### Dataset records
********

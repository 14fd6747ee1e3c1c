//! The faults of a session: why it doesn't start, why it performs no line, and why it writes no entry.

ghost use Rattle.std.specs.Prelude.{◌≡◌, ◌≢◌, ◌⊎◌, Some};
ghost use Rattle.smx_config.specs.declared.config_fault.ConfigFault.TheVariants as config;
ghost use Rattle.smx_session.specs.FaultWords.{start_fault_words};
ghost use Rattle.smx_session.specs.declared.faults.LineFault.TheVariants as line_fault;
ghost use Rattle.smx_session.specs.declared.faults.StartFault.TheVariants.{NoMemory as memory, Text, Drivers};
ghost use Rattle.smx_text.specs.declared.text_fault.Cause.TheVariants as cause;

use smx_config::ConfigFault;
use smx_text::{Cause, TextFault};
use smx_types::NoMemory;
use std::fmt;

/// Why a text makes no session. It prints as `no memory`, `line 2: form` or `driver 3 marks`, for example.
#[derive(Clone, Copy, Debug, PartialEq, Eq)]
pub enum StartFault {
    /// An allocation failed.
    NoMemory,
    /// The bytes are not a text of programs. The cause is never out-of-memory.
    Text(TextFault),
    /// No configuration can have these drivers. The fault is never out-of-memory.
    Drivers(ConfigFault),
}

/// Why a line is not performed.
#[derive(Clone, Copy, Debug, PartialEq, Eq)]
pub enum LineFault {
    /// An allocation failed.
    NoMemory,
    /// The line is not a process with a command that the version allows.
    NoCommand,
}

/// Why no entry is written.
#[derive(Clone, Copy, Debug, PartialEq, Eq)]
pub enum EntryFault {
    /// An allocation failed.
    NoMemory,
    /// No command was performed yet.
    NoEntry,
}

impl From<TextFault> for StartFault {
    ghost from_gives = { λ fault f. ((f ≡ memory) × (fault.cause ≡ cause.NoMemory))
        ⊎ ((f ≡ Text fault) × (fault.cause ≢ cause.NoMemory)) };

    fn from(fault: TextFault) -> StartFault {
        match fault.cause {
            Cause::NoMemory => StartFault::NoMemory,
            _ => StartFault::Text(fault),
        }
    }
}

impl From<ConfigFault> for StartFault {
    ghost from_gives = { λ fault f. ((f ≡ memory) × (fault ≡ config.NoMemory))
        ⊎ ((f ≡ Drivers fault) × (fault ≢ config.NoMemory)) };

    fn from(fault: ConfigFault) -> StartFault {
        match fault {
            ConfigFault::NoMemory => StartFault::NoMemory,
            _ => StartFault::Drivers(fault),
        }
    }
}

impl From<NoMemory> for LineFault {
    ghost from_gives = { λ _ f. f ≡ line_fault.NoMemory };

    fn from(_error: NoMemory) -> LineFault {
        LineFault::NoMemory
    }
}

impl fmt::Display for StartFault {
    ghost output = { λ fault. Some (start_fault_words fault) };

    fn fmt<W: fmt::Write>(&self, f: &mut fmt::Formatter<W>) -> fmt::Result {
        match self {
            StartFault::NoMemory => f.write_str("no memory"),
            StartFault::Text(fault) => write!(f, "{fault}"),
            StartFault::Drivers(fault) => write!(f, "{fault}"),
        }
    }
}

impl std::error::Error for StartFault {}
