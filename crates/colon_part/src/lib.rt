// The colon part of IPv6 text: what may stand behind a group, or at the start of an address.
// No public function has a `requires`.
#![tactic(auto)]

ghost use Rattle.std.specs.Prelude.{◌≡◌, ◌<◌};
ghost use Rattle.colon_part.specs.Part.{least_counted, behind_double, behind_colon, part_at};

// What a colon part leads to. count counts the groups so far; "::" counts as one of them, and gap counts those up to and with it; gap is 0 while
// it has not come.
#[derive(Clone, Copy)]
pub enum Part {
    // The bytes end before it is known, and so few could finish the address.
    More(usize),
    // The byte at this place rules the address out.
    Refused(usize),
    // The byte that ends an address stands at this place.
    End { at: usize, count: usize, gap: usize },
    // A group must begin at this place.
    Group { at: usize, count: usize, gap: usize },
}

// How few bytes could finish an address behind a group, where at most eight have come: its end, or "::" and its end.
pub fn least_behind(count: usize, gap: usize) -> usize
    ensures { result ≡ least_counted count gap }
{
    if gap == 0 && count != 8 { 3 } else { 1 }
}

// Behind "::".
fn behind_double(s: &[u8], at: usize, end: u8, count: usize) -> Part
    requires { count < 8 }
    ensures { result ≡ behind_double end s.now at count }
{
    let Some(&c) = s.get(at) else {
        return Part::More(1);
    };
    let counted = count + 1;
    if c == end {
        return Part::End {
            at,
            count: counted,
            gap: counted,
        };
    }
    if count < 7 {
        Part::Group {
            at,
            count: counted,
            gap: counted,
        }
    } else {
        Part::Refused(at)
    }
}

// Behind a colon.
fn behind_colon(s: &[u8], at: usize, end: u8, count: usize, gap: usize) -> Part
    requires { count < 8 }
    ensures { result ≡ behind_colon end s.now at count gap }
{
    let Some(&c) = s.get(at) else {
        return Part::More(2);
    };
    match c {
        b':' if gap == 0 => behind_double(s, at + 1, end, count),
        b':' => Part::Refused(at),
        _ if count == 0 => Part::Refused(at),
        _ => Part::Group { at, count, gap },
    }
}

// The colon part at a place of an address that the byte end ends.
pub fn colon_part(s: &[u8], at: usize, end: u8, count: usize, gap: usize) -> Part
    ensures { result ≡ part_at end s.now at count gap }
{
    let Some(&c) = s.get(at) else {
        return Part::More(least_behind(count, gap));
    };
    match c {
        b':' if count < 8 => behind_colon(s, at + 1, end, count, gap),
        b':' => Part::Refused(at),
        _ if c == end => Part::End { at, count, gap },
        _ => Part::Refused(at),
    }
}
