impl BoundedMemory {
    /// A memory over another, which holds so many objects. The core has so many 16-bit words and entries for short names, and there
    /// is room for so many objects.
    pub fn new(
        memory: PlainMemory,
        core: u32,
        entries: u32,
        room: u32,
        objects: u32,
    ) -> BoundedMemory
        requires slots { (plain_told memory).slots ≡ (λ i. None) }
        requires room { room < LAST_NAME + 1 }
        requires objects { objects < LAST_NAME + 1 }
        ensures told { bounded_told result ≡ over (plain_told memory) 0 None (record { core = core; entries = entries; room = room; base = Some objects; made = 0; work_faults = 0; said_faults = 0 }) }
        ensures ready { IsReady (plain_told memory) → IsReady (bounded_told result) }
        ensures sound { IsSound result }
    {
        BoundedMemory {
            memory,
            limits: Limits::new(core, entries, room, objects),
            pins: Pins::new(),
            row: None,
            refusals: 0,
            last: None,
        }
    }

    /// The memory below. It tells the same, but for the row, refusals and bounds.
    pub fn into_plain(self) -> PlainMemory
        ensures told { plain_told result ≡ record (bounded_told self) { cache = (plain_told result).cache; refusals = (plain_told result).refusals; last = (plain_told result).last; bounds = None } }
        ensures ready { IsReady (bounded_told self) → IsReady (plain_told result) }
    {
        self.memory
    }

    /// The bytes that were said.
    pub fn transcript(&self) -> &[u8]
        ensures { result.now ≡ (bounded_told self.now).transcript }
    {
        self.memory.transcript()
    }

    /// The method of the row of this pair.
    fn cached(&self, class: Reg, selector: Reg) -> Option<Name>
        ensures found { IfSome result (λ m. row_of_values (bounded_told self.now).cache ((bounded_told self.now).regs class) ((bounded_told self.now).regs selector) m ≡ true) }
        ensures unknown { IfNone result ((m : ℕ) → row_of_values (bounded_told self.now).cache ((bounded_told self.now).regs class) ((bounded_told self.now).regs selector) m ≡ false) }
    {
        let Some(row) = &self.row else {
            return None;
        };
        if !self.memory.path() {
            return None;
        }
        let Some(class) = self.memory.name(class) else {
            return None;
        };
        let Some(selector) = self.memory.name(selector) else {
            return None;
        };
        if row.class != class || row.selector != selector {
            return None;
        }
        Some(row.method)
    }

    /// Drops the row where its path was lost.
    fn drop_lost_row(&mut self)
        ensures row { self.new ≡ record self.old { row = self.new.row } }
        ensures told { bounded_told self.new ≡ bounded_told self.old }
        ensures lost { (plain_told self.new.memory).cache.path ≡ false → self.new.row ≡ None }
    {
        if !self.memory.path() {
            self.row = None;
        }
    }

    /// Counts a refusal and says why it was.
    fn refuse(&mut self, fault: MemFault) -> MemFault
        ensures result { result ≡ fault }
        ensures refused { self.new ≡ record self.old { refusals = counted self.old.refusals; last = Some fault } }
        ensures later { self.old.refusals ≤ self.new.refusals }
    {
        self.refusals = self.refusals.saturating_add(1);
        self.last = Some(fault);
        fault
    }

    /// Counts a call on Work that failed.
    fn work_fault(&mut self) -> MemFault
        ensures result { result ≡ WorkFault (counted self.old.limits.work_faults) }
        ensures told { bounded_told self.new ≡ faulted (row_told self.old) self.old.refusals (bounds_of self.old.limits) }
        ensures refusals { self.old.refusals ≤ counted self.old.refusals }
        ensures faults { self.old.limits.work_faults ≤ counted self.old.limits.work_faults }
    {
        let count = self.limits.count_work_fault();
        self.refuse(MemFault::WorkFault { count })
    }

    /// Refuses what the core has no room for.
    fn has_room(&mut self, need: Need) -> Result<(), MemFault>
        ensures kept { OnOk result (self.new ≡ self.old) }
        ensures room { OnOk result (FitsCore (bounded_told self.old) need) }
        ensures refused { IfErr result (λ f. self.new ≡ record self.old { refusals = counted self.old.refusals; last = Some f }) }
        ensures full { IfErr result (λ f. IsFull (bounded_told self.old) need f) }
        ensures later { self.old.refusals ≤ self.new.refusals }
    {
        if need.words <= self.limits.core && need.entries <= self.limits.entries {
            return Ok(());
        }
        Err(self.refuse(MemFault::CoreFull(need)))
    }

    /// Refuses an access to the object of a register for which the core has no room. Else the object's name and size.
    fn fits(&mut self, of: Reg) -> Result<Pin, MemFault>
        requires fit { IsBoundedFit self.old }
        requires name { IsRef ((bounded_told self.old).regs of) }
        ensures told { OnOk result (bounded_told self.new ≡ bounded_told self.old) }
        ensures pin { IfOk result (λ pin. IsPinnedAs (bounded_told self.old).heap (Some (name_at ((bounded_told self.old).regs of))) (Some pin)) }
        ensures room { OnOk result (FitsCore (bounded_told self.old) (need_at (bounded_told self.old) of)) }
        ensures core { OnOk result (words_named (bounded_told self.old).heap ((bounded_told self.old).regs of) ≤ self.old.limits.core) }
        ensures refused { IfErr result (λ f. bounded_told self.new ≡ refused (bounded_told self.old) f) }
        ensures full { IfErr result (λ f. IsFull (bounded_told self.old) (need_at (bounded_told self.old) of) f) }
        ensures sound { IsSound self.new }
        ensures later { self.old.refusals ≤ self.new.refusals }
    {
        let size = size_of(&mut self.memory, of);
        let name = name_in(&self.memory, of);
        let need = self.pins.need(name, size.words);
        self.has_room(need)?;
        Ok(Pin { name, size })
    }

    /// Refuses to make an object of this size: where the names are spent, else where no object more may live, else where the core
    /// has no room.
    fn can_make(&mut self, size: Size) -> Result<(), MemFault>
        ensures kept { OnOk result (self.new ≡ self.old) }
        ensures named { OnOk result ((bounded_told self.old).heap.next < LAST_NAME) }
        ensures live { OnOk result (self.old.limits.base + self.old.limits.made + 1 ≤ self.old.limits.room) }
        ensures room { OnOk result (FitsCore (bounded_told self.old) (need_with self.old.pins (bounded_told self.old).heap.next size.words)) }
        ensures refused { IfErr result (λ f. self.new ≡ record self.old { refusals = counted self.old.refusals; last = Some f }) }
        ensures cause { IfErr result (λ f. CannotMake (bounded_told self.old) (need_with self.old.pins (bounded_told self.old).heap.next size.words) f) }
        ensures later { self.old.refusals ≤ self.new.refusals }
    {
        let next = self.memory.next();
        if next >= LAST_NAME {
            return Err(self.refuse(MemFault::NamesSpent));
        }
        let live = self.limits.live();
        let room = self.limits.room;
        if live > room {
            return Err(self.refuse(MemFault::WorkFull { live, room }));
        }
        let need = self.pins.need(next, size.words);
        self.has_room(need)
    }

    /// What a call of the memory below came to: its want of memory is a fault of Work.
    fn answered(&mut self, outcome: Result<(), MemFault>) -> Result<(), MemFault>
        ensures ok { OnOk result (IsOk outcome × (self.new ≡ self.old)) }
        ensures err { IfErr result (λ f. IsErr outcome × (f ≡ WorkFault (counted self.old.limits.work_faults))) }
        ensures told { OnErr result (bounded_told self.new ≡ faulted (row_told self.old) self.old.refusals (bounds_of self.old.limits)) }
        ensures refusals { OnErr result (self.old.refusals ≤ counted self.old.refusals) }
        ensures faults { OnErr result (self.old.limits.work_faults ≤ counted self.old.limits.work_faults) }
    {
        match outcome {
            Ok(()) => Ok(()),
            Err(_) => Err(self.work_fault()),
        }
    }

    /// The same of a making, which is counted.
    fn made(&mut self, outcome: Result<(), MemFault>) -> Result<(), MemFault>
        requires { self.old.limits.base + self.old.limits.made + 1 ≤ self.old.limits.room }
        ensures ok { OnOk result (IsOk outcome × (self.new ≡ record self.old { limits = self.new.limits })) }
        ensures counted { OnOk result (bounds_of self.new.limits ≡ record (bounds_of self.old.limits) { made = self.old.limits.made + 1 }) }
        ensures err { IfErr result (λ f. IsErr outcome × (f ≡ WorkFault (counted self.old.limits.work_faults))) }
        ensures told { OnErr result (bounded_told self.new ≡ faulted (row_told self.old) self.old.refusals (bounds_of self.old.limits)) }
        ensures refusals { OnErr result (self.old.refusals ≤ counted self.old.refusals) }
        ensures faults { OnErr result (self.old.limits.work_faults ≤ counted self.old.limits.work_faults) }
    {
        match outcome {
            Ok(()) => {
                self.limits.count_making();
                Ok(())
            }
            Err(_) => Err(self.work_fault()),
        }
    }
}
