/// The header extension of the method that a register names: the number that is its literal before the last.
#[inline(always)]
pub fn extension<M: ObjectMemory>(m: &mut M, to: Reg, of: Reg) -> Result<i16, Stop>
    requires fit { IsFit M.ObjectMemory m.old }
    requires scratch { MACHINE_REGISTERS ≤ to }
    ensures serves { (cpu : Numbers) → Serves (M.told m.old) cpu (M.told m.new) cpu (part Shape extension ((M.told m.old).regs of)) result }
    ensures looks { OnOk result (Looks (to ∷ []) (M.told m.old) (M.told m.new)) }
    ensures range { IfOk result IsSmallInteger }
    ensures fit { StaysFit M.ObjectMemory m.old m.new result }
{
    literal_before_last(m, to, of)?;
    let Some(number) = m.as_int(to) else {
        return Err(Stop::Stuck(Cause::Shape));
    };
    Ok(number)
}

/// Loads the home of the context that a register names: of a block, whose field 3 is a number, field 5, and otherwise the context.
pub fn home<M: ObjectMemory>(m: &mut M, to: Reg, context: Reg) -> Result<(), Stop>
    requires fit { IsFit M.ObjectMemory m.old }
    requires scratch { MACHINE_REGISTERS ≤ to }
    requires apart { to ≡ context → ⊥ }
    ensures serves { (cpu : Numbers) → Serves (M.told m.old) cpu (M.told m.new) cpu (part Shape (home_of ((M.told m.old).regs context)) ((M.told m.old).regs context)) (with_value result ((M.told m.new).regs to)) }
    ensures looks { OnOk result (Looks (to ∷ []) (M.told m.old) (M.told m.new)) }
    ensures fit { StaysFit M.ObjectMemory m.old m.new result }
{
    size(m, context, TEMP_FRAME_START)?;
    home_within(m, to, context)?;
    Ok(())
}
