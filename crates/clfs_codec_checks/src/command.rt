use clfs_command::{
    Command, DataWord, DumpOptions, PathPair, ScriptLength, WordsRefusal, asks_to_share,
    read_command, read_share,
};
use clfs_lsn::{Lsn, Shape};
use std::alloc::{AllocError, Global};

/// The words of a line.
pub(crate) fn owned(alloc: Global, line: &str) -> Result<Vec<String>, AllocError> {
    let mut words = Vec::new(alloc);
    if !line.is_empty() {
        for word in line.split(' ') {
            words.push(String::from_str(alloc, word)?)?;
        }
    }
    Ok(words)
}

// Two commands are the same.
fn are_same(command: &Command, want: &Command) -> bool {
    command == want
}

// The words of a line name this command, or none.
fn is_read_as(alloc: Global, line: &str, want: Option<Command>) -> Result<bool, AllocError> {
    let words = owned(alloc, line)?;
    Ok(match (read_command(alloc, &words), want) {
        (Ok(command), Some(want)) => are_same(&command, &want),
        (Err(WordsRefusal::Usage), None) => true,
        _ => false,
    })
}

// Blocks of 2 sectors in containers of 8.
const SMALL: Shape = Shape {
    block_sectors: 2,
    container_sectors: 8,
};

const LARGEST: Shape = Shape {
    block_sectors: 128,
    container_sectors: 16384,
};

const SMALLEST: Shape = Shape {
    block_sectors: 1,
    container_sectors: 2,
};

// Words beside the command that they name, or none. Two spaces in a row stand for an empty word between them.
const FORMATS: [(&str, Option<Command>); 30] = [
    (
        "format --block-sectors 2 --container-sectors 8 --containers 2",
        Some(Command::Format {
            shape: SMALL,
            containers: 2,
            dedicated: false,
        }),
    ),
    (
        "format --containers 2 --container-sectors 8 --block-sectors 2",
        Some(Command::Format {
            shape: SMALL,
            containers: 2,
            dedicated: false,
        }),
    ),
    (
        "format --block-sectors=128 --container-sectors=16384 --containers=256",
        Some(Command::Format {
            shape: LARGEST,
            containers: 256,
            dedicated: false,
        }),
    ),
    (
        "format --block-sectors 1 --container-sectors 2 --containers 1 --",
        Some(Command::Format {
            shape: SMALLEST,
            containers: 1,
            dedicated: false,
        }),
    ),
    ("format --block-sectors 2 --container-sectors 8", None),
    ("format --block-sectors 2 --containers 2", None),
    ("format --container-sectors 8 --containers 2", None),
    (
        "format --block-sectors 2 --container-sectors 8 --containers 2 --containers 2",
        None,
    ),
    (
        "format --block-sectors 2 --container-sectors 8 --containers 0",
        None,
    ),
    (
        "format --block-sectors 2 --container-sectors 8 --containers 257",
        None,
    ),
    (
        "format --block-sectors 2 --container-sectors 3 --containers 2",
        None,
    ),
    (
        "format --block-sectors 0 --container-sectors 8 --containers 2",
        None,
    ),
    (
        "format --block-sectors 129 --container-sectors 16384 --containers 2",
        None,
    ),
    (
        "format --block-sectors 2 --container-sectors 16385 --containers 2",
        None,
    ),
    (
        "format --block-sectors 2 --container-sectors 8 --containers 02",
        None,
    ),
    (
        "format --block-sectors 2 --container-sectors 8 --containers +2",
        None,
    ),
    (
        "format --block-sectors 2 --container-sectors 8 --containers -2",
        None,
    ),
    (
        "format --block-sectors 2 --container-sectors 8 --containers 4294967298",
        None,
    ),
    (
        "format --block-sectors 2 --container-sectors 8 --containers=",
        None,
    ),
    (
        "format --block-sectors 2 --container-sectors 8 --containers ",
        None,
    ),
    (
        "format --block-sectors 2 --container-sectors 8 --containers",
        None,
    ),
    (
        "format --block 2 --container-sectors 8 --containers 2",
        None,
    ),
    ("format 2 8 2", None),
    (
        "format --block-sectors 2 --container-sectors 8 --containers 2 --dedicated",
        Some(Command::Format {
            shape: SMALL,
            containers: 2,
            dedicated: true,
        }),
    ),
    (
        "format --dedicated --block-sectors 2 --container-sectors=8 --containers 2",
        Some(Command::Format {
            shape: SMALL,
            containers: 2,
            dedicated: true,
        }),
    ),
    (
        "format --block-sectors 2 --container-sectors 8 --containers 2 --dedicated=x",
        None,
    ),
    (
        "format --block-sectors 2 --container-sectors 8 --containers 2 --dedicated=true",
        None,
    ),
    (
        "format --block-sectors 2 --container-sectors 8 --containers 2 --dedicated x",
        None,
    ),
    (
        "format --block-sectors 2 --dedicated --container-sectors 8 --containers 2 --dedicated",
        None,
    ),
    ("format --dedicated", None),
];

#[test]
fn words_that_make_a_log(rt: HostRuntime) -> Result<(), AllocError> {
    for (line, want) in FORMATS {
        assert!(rt; is_read_as(rt.alloc(), line, want)?, "{line}");
    }
    Ok(())
}

const SERVES: [(&str, Option<Command>); 36] = [
    (
        "serve",
        Some(Command::Serve {
            write_buffers: 4,
            read_buffers: 32,
            length: ScriptLength::Limited,
        }),
    ),
    (
        "serve --",
        Some(Command::Serve {
            write_buffers: 4,
            read_buffers: 32,
            length: ScriptLength::Limited,
        }),
    ),
    (
        "serve --write-buffers 1",
        Some(Command::Serve {
            write_buffers: 1,
            read_buffers: 32,
            length: ScriptLength::Limited,
        }),
    ),
    (
        "serve --write-buffers=64",
        Some(Command::Serve {
            write_buffers: 64,
            read_buffers: 32,
            length: ScriptLength::Limited,
        }),
    ),
    (
        "serve --endless",
        Some(Command::Serve {
            write_buffers: 4,
            read_buffers: 32,
            length: ScriptLength::Endless,
        }),
    ),
    (
        "serve --endless --write-buffers 8",
        Some(Command::Serve {
            write_buffers: 8,
            read_buffers: 32,
            length: ScriptLength::Endless,
        }),
    ),
    (
        "serve --read-buffers 1",
        Some(Command::Serve {
            write_buffers: 4,
            read_buffers: 1,
            length: ScriptLength::Limited,
        }),
    ),
    (
        "serve --endless --read-buffers=4096 --write-buffers 8",
        Some(Command::Serve {
            write_buffers: 8,
            read_buffers: 4096,
            length: ScriptLength::Endless,
        }),
    ),
    ("serve --read-buffers 0", None),
    ("serve --read-buffers 4097", None),
    ("serve --read-buffers 32 --read-buffers 32", None),
    ("race --read-buffers 32", None),
    ("serve --endless --endless", None),
    ("serve --endless=true", None),
    ("serve --endless 1", None),
    ("serve --write-buffers 0", None),
    ("serve --write-buffers 65", None),
    ("serve --write-buffers 4 --write-buffers 4", None),
    ("serve --write-buffers", None),
    ("serve --write-buffers -- 4", None),
    ("serve --containers 2", None),
    ("serve x", None),
    ("serve -- x", None),
    ("serve serve", None),
    ("serve --help", None),
    ("-- serve", None),
    ("--write-buffers 4 serve", None),
    ("Serve", None),
    ("serv", None),
    ("race", Some(Command::Race { write_buffers: 4 })),
    (
        "race --write-buffers 1",
        Some(Command::Race { write_buffers: 1 }),
    ),
    (
        "race --write-buffers=64",
        Some(Command::Race { write_buffers: 64 }),
    ),
    ("race --write-buffers 65", None),
    ("race --endless", None),
    ("race serve", None),
    ("races", None),
];

#[test]
fn words_of_serving_and_racing(rt: HostRuntime) -> Result<(), AllocError> {
    for (line, want) in SERVES {
        assert!(rt; is_read_as(rt.alloc(), line, want)?, "{line}");
    }
    Ok(())
}

const TRIALS: [(&str, Option<Command>); 39] = [
    (
        "trial 1 5",
        Some(Command::Trial {
            number: 1,
            count: 5,
        }),
    ),
    (
        "trial 0 1",
        Some(Command::Trial {
            number: 0,
            count: 1,
        }),
    ),
    (
        "trial 4294967295 100000",
        Some(Command::Trial {
            number: 4294967295,
            count: 100000,
        }),
    ),
    (
        "trial -- 1 5",
        Some(Command::Trial {
            number: 1,
            count: 5,
        }),
    ),
    (
        "trial 1 -- 5",
        Some(Command::Trial {
            number: 1,
            count: 5,
        }),
    ),
    ("trial 4294967296 1", None),
    ("trial 1 0", None),
    ("trial 1 100001", None),
    ("trial 01 5", None),
    ("trial 1 05", None),
    ("trial +1 5", None),
    ("trial -1 5", None),
    ("trial 1 -5", None),
    ("trial 1  5", None),
    ("trial", None),
    ("trial 1", None),
    ("trial 1 5 5", None),
    ("trial 1 5 --dedicated", None),
    (
        "crew 1 1",
        Some(Command::Crew {
            threads: 1,
            count: 1,
        }),
    ),
    (
        "crew 8 1000",
        Some(Command::Crew {
            threads: 8,
            count: 1000,
        }),
    ),
    (
        "crew -- 2 5",
        Some(Command::Crew {
            threads: 2,
            count: 5,
        }),
    ),
    (
        "crew 2 -- 5",
        Some(Command::Crew {
            threads: 2,
            count: 5,
        }),
    ),
    ("crew 0 5", None),
    ("crew 9 5", None),
    ("crew 2 0", None),
    ("crew 2 1001", None),
    ("crew 02 5", None),
    ("crew 2 05", None),
    ("crew +2 5", None),
    ("crew -2 5", None),
    ("crew 2 +5", None),
    ("crew 2 -5", None),
    ("crew 2  5", None),
    ("crew", None),
    ("crew 2", None),
    ("crew 2 5 5", None),
    (
        "crew 2 5 --",
        Some(Command::Crew {
            threads: 2,
            count: 5,
        }),
    ),
    ("crew 2 5 --dedicated", None),
    ("crews 2 5", None),
];

const CROWDS: [(&str, Option<Command>); 11] = [
    (
        "crowd 1 1",
        Some(Command::Crowd {
            threads: 1,
            count: 1,
        }),
    ),
    (
        "crowd 8 1000",
        Some(Command::Crowd {
            threads: 8,
            count: 1000,
        }),
    ),
    (
        "crowd -- 2 5",
        Some(Command::Crowd {
            threads: 2,
            count: 5,
        }),
    ),
    ("crowd 0 5", None),
    ("crowd 9 5", None),
    ("crowd 2 0", None),
    ("crowd 2 1001", None),
    ("crowd 2 +5", None),
    ("crowd 2", None),
    ("crowd 2 5 5", None),
    ("crowds 2 5", None),
];

#[test]
fn words_of_trials_and_crews(rt: HostRuntime) -> Result<(), AllocError> {
    for (line, want) in TRIALS {
        assert!(rt; is_read_as(rt.alloc(), line, want)?, "{line}");
    }
    Ok(())
}

#[test]
fn words_of_crowds(rt: HostRuntime) -> Result<(), AllocError> {
    for (line, want) in CROWDS {
        assert!(rt; is_read_as(rt.alloc(), line, want)?, "{line}");
    }
    Ok(())
}

// What is asked for of a dump: the two LSNs as numbers, the name and the form of data.
type Wanted = (Option<u64>, Option<u64>, Option<&'static str>, DataWord);

// Words beside what they ask for of a dump, or none.
const DUMPS: [(&str, Option<Wanted>); 22] = [
    ("dump", Some((None, None, None, DataWord::Hex))),
    ("dump --", Some((None, None, None, DataWord::Hex))),
    (
        "dump --from 1:200:0",
        Some((Some(4294967808), None, None, DataWord::Hex)),
    ),
    (
        "dump --to=ffffffff:0:0 --from 0:0:0",
        Some((Some(0), Some(18446744069414584320), None, DataWord::Hex)),
    ),
    (
        "dump --stream a --data text",
        Some((None, None, Some("a"), DataWord::Text)),
    ),
    (
        "dump --data none --stream=-a",
        Some((None, None, Some("-a"), DataWord::Nothing)),
    ),
    (
        "dump --data=hex --to 1:0:1 --stream 0123456789012345678901234567890123456789012345678901234567890123",
        Some((
            None,
            Some(4294967297),
            Some("0123456789012345678901234567890123456789012345678901234567890123"),
            DataWord::Hex,
        )),
    ),
    (
        "dump --stream 01234567890123456789012345678901234567890123456789012345678901234",
        None,
    ),
    ("dump --stream ", None),
    ("dump --stream=", None),
    ("dump --stream", None),
    ("dump --stream -a", None),
    ("dump --from 1:200", None),
    ("dump --from 1:1:0", None),
    ("dump --from -", None),
    ("dump --to 1:200:0 --to 1:200:0", None),
    ("dump --data", None),
    ("dump --data Hex", None),
    ("dump --data raw", None),
    ("dump --fro 1:200:0", None),
    ("dump x", None),
    ("dumps", None),
];

// Words ask for this of a dump.
fn asks_for(options: &DumpOptions, want: &Wanted) -> bool {
    let (from, to, stream, form) = want;
    let name = match &options.stream {
        Some(name) => Some(name.as_slice()),
        None => None,
    };
    options.from.map(|lsn| lsn.number()) == *from
        && options.to.map(|lsn| lsn.number()) == *to
        && name == stream.map(|name| name.as_bytes())
        && options.form == *form
}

********

### Instructions to follow
Your answer must be a single number: the count of lines above that contain the string "stream".

### Result for this exercise
11